[Start of section]
fn wishes_table(rt: &impl Print) -> io::Result<()> {
    heading(rt, b"document 02")?;
    let mut t = Tally::none_yet();
    t = one_and_one(rt, t)?;
    t = ids_by_table(rt, t)?;
    t = empty_sides(rt, t)?;
    t = ranges_and_counts(rt, t)?;
    t = rows_one_and_two(rt, t)?;
    t = marks(rt, t)?;
    t = marks_nothing(rt, t)?;
    t = below_minus_one(rt, t)?;
    t = arms_nothing(rt, t)?;
    t = unmarks_nothing(rt, t)?;
    t = forced_sweeps(rt, t)?;
    t = told_is_obeyed(rt, t)?;
    t = rows_with_minus_one(rt, t)?;
    t = released_by_list(rt, t)?;
    t = items_refused(rt, t)?;
    t = items_meet(rt, t)?;
    t = two_arenas(rt, t)?;
    t = pending_lists(rt, t)?;
    t = empty_list(rt, t)?;
    t = lengths_differ(rt, t)?;
    total(rt, t)
}

fn row(rt: &impl Print, pool: &[u32]) -> io::Result<()>
    requires { 4 ≤ length pool.now }
{
    let text = picture::draw(pool);
    say(rt, &text)?;
    say(rt, b"\n")
}

// Takes a run of so many slices, and says where.
fn take(rt: &impl Print, pool: &mut [u32], slices: u64) -> io::Result<()> {
    rt.print("a run of ")?;
    rt.print(slices)?;
    let at = numbers::address_of(slice_pool::alloc_run(pool, slices));
    rt.print(": slice ")?;
    rt.print(at / 65536)?;
    rt.println("")
}

// A pool at work: runs taken, one freed, and a shorter one taken from where it was.
fn show(rt: &impl Print) -> io::Result<()> {
    let mut pool = [0u32; 2048];
    say(rt, b"96 slices free, from slice 1 on\n")?;
    let _ = slice_pool::free_range(&mut pool, 65536, 6291456);
    row(rt, &pool)?;
    take(rt, &mut pool, 3)?;
    row(rt, &pool)?;
    take(rt, &mut pool, 5)?;
    row(rt, &pool)?;
    take(rt, &mut pool, 40)?;
    row(rt, &pool)?;
    say(rt, b"the run of 5 freed\n")?;
    let _ = slice_pool::free_range(&mut pool, 262144, 327680);
    row(rt, &pool)?;
    take(rt, &mut pool, 4)?;
    row(rt, &pool)
}

fn main(rt: HostRuntime) -> io::Result<()> {
    table(&rt)?;
    wishes_table(&rt)?;
    show(&rt)
}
[End of section]
[WHAT NEEDS TO BE DONE]: Your response should be the lines of the entries above that include the string "freed".

[FINISHED EXERCISE]:
// A pool at work: runs taken, one freed, and a shorter one taken from where it was.
    say(rt, b"the run of 5 freed\n")?;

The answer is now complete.